TASK DESCRIPTION: In the data, extract each line that holds the string "time".

+++++

//! Operations on the marks of bitmaps, eight at a time. Bytes of combined marks are pushed into reserved room of a vector
//! that is a local value: the compiler then keeps its length in a register, and combines many bytes at once, none of which
//! is written twice. Whatever holds the vector takes it out for that.
ghost use Rattle.std.specs.Prelude.{◌≡◌, ℕ, ◌+◌, ◌*◌, ◌<◌, ◌≤◌, ◌==◌, ◌&&◌, ◌||◌, Bool, length, map, not, IfOk};
ghost use Rattle.std.specs.Prelude.{vec_len, [], ◌-◌, ◌^◌, OnOk, OnErr};
ghost use Rattle.std.specs.List.{zip};
ghost use Rattle.std.specs.Int.{bit_at, div_ceil};
ghost use Rattle.std.specs.Vec.{vec_capacity};
ghost use Rattle.arrow_types.specs.Failures.{OnlyOutOfMemory};
ghost use Rattle.arrow_bitmap.specs.Marks.{block_mark, marks};
ghost use Rattle.arrow_bitmap.specs.MarkWrites.{AppendsAll, AppendsCombined, WritesCombined, clear_count};

use crate::Bitmap;
use crate::bits::count_clear;
use crate::blocks::write_block;
use crate::counts::SetMarks;
use crate::marks::Marks;
use arrow_types::error::Error;
use std::alloc::{AllocError, Global};
use std::mem;
use std::simd::prelude::*;

/// An operation on two marks.
pub(crate) trait MarkOp {
    /// The operation.
    ghost op: { Bool → Bool → Bool };

    /// Applies it to the eight pairs of marks of two bytes.
    fn on_bytes(first: u8, second: u8) -> u8
        ensures { (k : ℕ) → k < 8 → (bit_at result k == 1) ≡ op (bit_at first k == 1) (bit_at second k == 1) };

    /// Applies it to the 512 pairs of marks of eight words and eight others.
    fn on_blocks(left: u64x8, right: u64x8) -> u64x8
        ensures { (k : ℕ) → k < 512 → block_mark result k ≡ op (block_mark left k) (block_mark right k) };
}

/// Whether both marks are set.
struct Conjunction;

impl MarkOp for Conjunction {
    ghost op = { λ first second. first && second };

    #[inline(always)]
    fn on_bytes(first: u8, second: u8) -> u8 {
        first & second
    }

    #[inline(always)]
    fn on_blocks(left: u64x8, right: u64x8) -> u64x8 {
        left & right
    }
}

/// Whether at least one of the marks is set.
struct Disjunction;

impl MarkOp for Disjunction {
    ghost op = { λ first second. first || second };

    #[inline(always)]
    fn on_bytes(first: u8, second: u8) -> u8 {
        first | second
    }

    #[inline(always)]
    fn on_blocks(left: u64x8, right: u64x8) -> u64x8 {
        left | right
    }
}

/// Whether the first mark is clear.
struct Negation;

impl MarkOp for Negation {
    ghost op = { λ first second. not first };

    #[inline(always)]
    fn on_bytes(first: u8, _second: u8) -> u8 {
        !first
    }

    #[inline(always)]
    fn on_blocks(left: u64x8, _right: u64x8) -> u64x8 {
        !left
    }
}

/// The first mark, whatever the second is: a copy.
pub(crate) struct First;

impl MarkOp for First {
    ghost op = { λ first second. first };

    #[inline(always)]
    fn on_bytes(first: u8, _second: u8) -> u8 {
        first
    }

    #[inline(always)]
    fn on_blocks(left: u64x8, _right: u64x8) -> u64x8 {
        left
    }
}

/// Writes the first combined marks over bytes, of which there are at least 64, from byte `from` on, 64 bytes at a time.
/// The last 64 may overlap those before them, so that no rest is left.
// A call, so that short ranges save no registers for it.
#[inline(never)]
fn write_blocks<O: MarkOp>(target: &mut [u8], from: usize, first: &Marks<'_>, second: &Marks<'_>)
    requires some { from + 64 ≤ length target.old }
    requires fits { 8 * (length target.old - from) < 2 ^ 64 }
    requires first { 8 * (length target.old - from) < length first.now }
    requires second { 8 * (length target.old - from) < length second.now }
    ensures marks { WritesCombined O.op first.now second.now from (8 * (length target.old - from))
        target.old target.new }
    ensures len { length target.new ≡ length target.old }
{
    let (first, second) = (first.copied(), second.copied());
    let count = target.len() - from;
    for block in 0..count / 64 {
        let marks = O::on_blocks(first.block(512 * block), second.block(512 * block));
        write_block(target, from + 64 * block, marks);
    }
    let rest = count - 64;
    let marks = O::on_blocks(first.block(8 * rest), second.block(8 * rest));
    write_block(target, from + rest, marks);
}

/// Appends the first `8 * n` combined marks, which fill at least 64 bytes.
fn push_blocks<O: MarkOp>(
    bytes: Vec<u8>,
    first: &Marks<'_>,
    second: &Marks<'_>,
    n: usize,
) -> Vec<u8>
    requires some { 64 ≤ n }
    requires fits { 8 * n < 2 ^ 64 }
    requires first { 8 * n < length first.now }
    requires second { 8 * n < length second.now }
    requires room { vec_len bytes + n ≤ vec_capacity bytes }
    ensures marks { AppendsCombined O.op first.now second.now 0 (8 * n) bytes.items result.items }
    ensures len { vec_len result ≡ vec_len bytes + n }
    ensures capacity { vec_capacity bytes ≤ vec_capacity result }
{
    let start = bytes.len();
    let mut grown = bytes;
    match grown.resize(start + n, 0) {
        Ok(()) => write_blocks::<O>(&mut grown, start, first, second),
        // There is room for them.
        Err(_) => unreachable!(),
    }
    grown
}

/// Appends the first `8 * n` combined marks: 64 bytes at a time if they fill as many, else one.
#[inline(always)]
fn push_bytes<O: MarkOp>(bytes: Vec<u8>, first: &Marks<'_>, second: &Marks<'_>, n: usize) -> Vec<u8>
    requires fits { 8 * n < 2 ^ 64 }
    requires first { 8 * n < length first.now }
    requires second { 8 * n < length second.now }
    requires room { vec_len bytes + n ≤ vec_capacity bytes }
    ensures marks { AppendsCombined O.op first.now second.now 0 (8 * n) bytes.items result.items }
    ensures len { vec_len result ≡ vec_len bytes + n }
    ensures capacity { vec_capacity bytes ≤ vec_capacity result }
{
    if n >= 64 {
        return push_blocks::<O>(bytes, first, second, n);
    }
    let mut grown = bytes;
    for i in 0..n {
        grown.push_reserved(O::on_bytes(first.byte(8 * i), second.byte(8 * i)));
    }
    grown
}

/// Appends the combined marks of two lists of as many, which may begin within a byte, behind whole bytes. The bits
/// behind the last may be anything.
#[inline(always)]
fn push_shifted<O: MarkOp>(bytes: Vec<u8>, first: &Marks<'_>, second: &Marks<'_>) -> Vec<u8>
    requires some { 0 < length first.now }
    requires same { length first.now ≡ length second.now }
    requires room { vec_len bytes + div_ceil (length first.now) 8 ≤ vec_capacity bytes }
    ensures marks { AppendsAll O.op first.now second.now bytes.items result.items }
    ensures len { vec_len result ≡ vec_len bytes + div_ceil (length first.now) 8 }
    ensures capacity { vec_capacity bytes ≤ vec_capacity result }
{
    let last = (first.len() - 1) / 8;
    let mut grown = push_bytes::<O>(bytes, first, second, last);
    grown.push_reserved(O::on_bytes(first.byte(8 * last), second.byte(8 * last)));
    grown
}

/// Appends the combined marks of two lists of as many behind whole bytes. The bits behind the last may be anything.
#[inline(always)]
fn push_combined<O: MarkOp>(bytes: Vec<u8>, first: &Marks<'_>, second: &Marks<'_>) -> Vec<u8>
    requires same { length first.now ≡ length second.now }
    requires room { vec_len bytes + div_ceil (length first.now) 8 ≤ vec_capacity bytes }
    ensures marks { AppendsAll O.op first.now second.now bytes.items result.items }
    ensures len { vec_len result ≡ vec_len bytes + div_ceil (length first.now) 8 }
    ensures capacity { vec_capacity bytes ≤ vec_capacity result }
{
    if first.len() == 0 {
        return bytes;
    }
    let (Some(left), Some(right)) = (first.bytes(), second.bytes()) else {
        return push_shifted::<O>(bytes, first, second);
    };
    let mut grown = bytes;
    for i in 0..left.len() {
        grown.push_reserved(O::on_bytes(left[i], right[i]));
    }
    grown
}

/// Appends combined marks as [`push_combined`] to bytes that another value holds.
pub(crate) fn append_combined<'a, O: MarkOp>(
    bytes: &mut Vec<u8>,
    first: &Marks<'a>,
    second: &Marks<'a>,
) -> Result<(), AllocError>
    requires { length first.now ≡ length second.now }
    ensures ok { OnOk result (AppendsAll O.op first.now second.now bytes.old.items bytes.new.items) }
    ensures len { OnOk result (vec_len bytes.new ≡ vec_len bytes.old + div_ceil (length first.now) 8) }
    ensures err { OnErr result (bytes.new.items ≡ bytes.old.items) }
{
    bytes.reserve(first.len().div_ceil(8))?;
    let empty = Vec::new(*bytes.allocator());
    let held = mem::replace(bytes, empty);
    *bytes = push_combined::<O>(held, first, second);
    Ok(())
}

/// Appends combined marks as [`push_combined`], and returns how many of them are clear.
#[inline(always)]
fn push_counted<O: MarkOp>(
    bytes: Vec<u8>,
    first: &Marks<'_>,
    second: &Marks<'_>,
) -> (Vec<u8>, usize)
    requires same { length first.now ≡ length second.now }
    requires fits { 8 * vec_len bytes + length first.now < 2 ^ 64 }
    requires room { vec_len bytes + div_ceil (length first.now) 8 ≤ vec_capacity bytes }
    ensures marks { AppendsAll O.op first.now second.now bytes.items result.0.items }
    ensures len { vec_len result.0 ≡ vec_len bytes + div_ceil (length first.now) 8 }
    ensures capacity { vec_capacity bytes ≤ vec_capacity result.0 }
    ensures clear { result.1 ≡ clear_count result.0.items (8 * vec_len bytes) (length first.now) }
{
    let start = 8 * bytes.len();
    let grown = push_combined::<O>(bytes, first, second);
    let clear = count_clear(&grown, start, start + first.len());
    (grown, clear)
}

/// How many marks are combined before they are counted: those of four blocks, as [`SetMarks`] adds them.
const TURN: usize = 2048;

/// Returns the combined marks of two lists of as many, as packed bytes, and how many of them are clear.
fn combine_lists<O: MarkOp>(
    alloc: Global,
    first: &Marks<'_>,
    second: &Marks<'_>,
) -> Result<(Vec<u8>, usize), AllocError>
    requires { length first.now ≡ length second.now }
    ensures room { IfOk result (λ made. length first.now ≤ 8 * vec_len made.0) }
    ensures ok { IfOk result (λ made. AppendsAll O.op first.now second.now [] made.0.items) }
    ensures clear { IfOk result (λ made. made.1 ≡ clear_count made.0.items 0 (length first.now)) }
{
    let count = first.len();
    let mut bytes = Vec::with_capacity(alloc, count.div_ceil(8))?;
    let mut set = SetMarks::new();
    for turn in 0..count / TURN {
        let start = TURN * turn;
        let (one, other) = (first.range(start, TURN), second.range(start, TURN));
        bytes = push_combined::<O>(bytes, &one, &other);
        set.add_four(&bytes, 256 * turn);
    }
    let (start, rest) = (count - count % TURN, count % TURN);
    let (one, other) = (first.range(start, rest), second.range(start, rest));
    let (grown, more) = push_counted::<O>(bytes, &one, &other);
    Ok((grown, start - set.count() + more))
}

/// Returns the combined marks of two bitmaps of equal length.
fn combine<O: MarkOp>(alloc: Global, first: &Bitmap, second: &Bitmap) -> Result<Bitmap, Error>
    requires { length first.now ≡ length second.now }
    ensures ok { IfOk result (λ bitmap. bitmap ≡ map (λ pair. O.op pair.0 pair.1) (zip first.now second.now)) }
    ensures err { OnlyOutOfMemory result }
{
    let (bytes, clear) = combine_lists::<O>(alloc, &first.marks(), &second.marks())?;
    Bitmap::from_counted(bytes, first.len(), clear)
}

/// Returns the bitmap of the marks that are set in both of two bitmaps of equal length.
///
/// # Errors
/// `OutOfMemory` if an allocation fails.
pub fn and(alloc: Global, lhs: &Bitmap, rhs: &Bitmap) -> Result<Bitmap, Error>
    requires { length lhs.now ≡ length rhs.now }
    ensures ok { IfOk result (λ bitmap. bitmap ≡ map (λ pair. pair.0 && pair.1) (zip lhs.now rhs.now)) }
    ensures err { OnlyOutOfMemory result }
{
    combine::<Conjunction>(alloc, lhs, rhs)
}

/// Returns the bitmap of the marks that are set in at least one of two bitmaps of equal length.
///
/// # Errors
/// `OutOfMemory` if an allocation fails.
pub fn or(alloc: Global, lhs: &Bitmap, rhs: &Bitmap) -> Result<Bitmap, Error>
    requires { length lhs.now ≡ length rhs.now }
    ensures ok { IfOk result (λ bitmap. bitmap ≡ map (λ pair. pair.0 || pair.1) (zip lhs.now rhs.now)) }
    ensures err { OnlyOutOfMemory result }
{
    combine::<Disjunction>(alloc, lhs, rhs)
}

/// Returns the bitmap of the opposite marks, of which those are clear that were set.
///
/// # Errors
/// `OutOfMemory` if an allocation fails.
pub fn not(alloc: Global, bitmap: &Bitmap) -> Result<Bitmap, Error>
    ensures ok { IfOk result (λ marks. marks ≡ map not bitmap.now) }
    ensures err { OnlyOutOfMemory result }
{
    let marks = bitmap.marks();
    let mut bytes = Vec::with_capacity(alloc, marks.len().div_ceil(8))?;
    append_combined::<Negation>(&mut bytes, &marks, &marks)?;
    Bitmap::from_counted(bytes, bitmap.len(), bitmap.len() - bitmap.unset_bits())
}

+++++

ANSWER FOR THIS EXERCISE:
//! Operations on the marks of bitmaps, eight at a time. Bytes of combined marks are pushed into reserved room of a vector
/// Writes the first combined marks over bytes, of which there are at least 64, from byte `from` on, 64 bytes at a time.
/// Appends the first `8 * n` combined marks: 64 bytes at a time if they fill as many, else one.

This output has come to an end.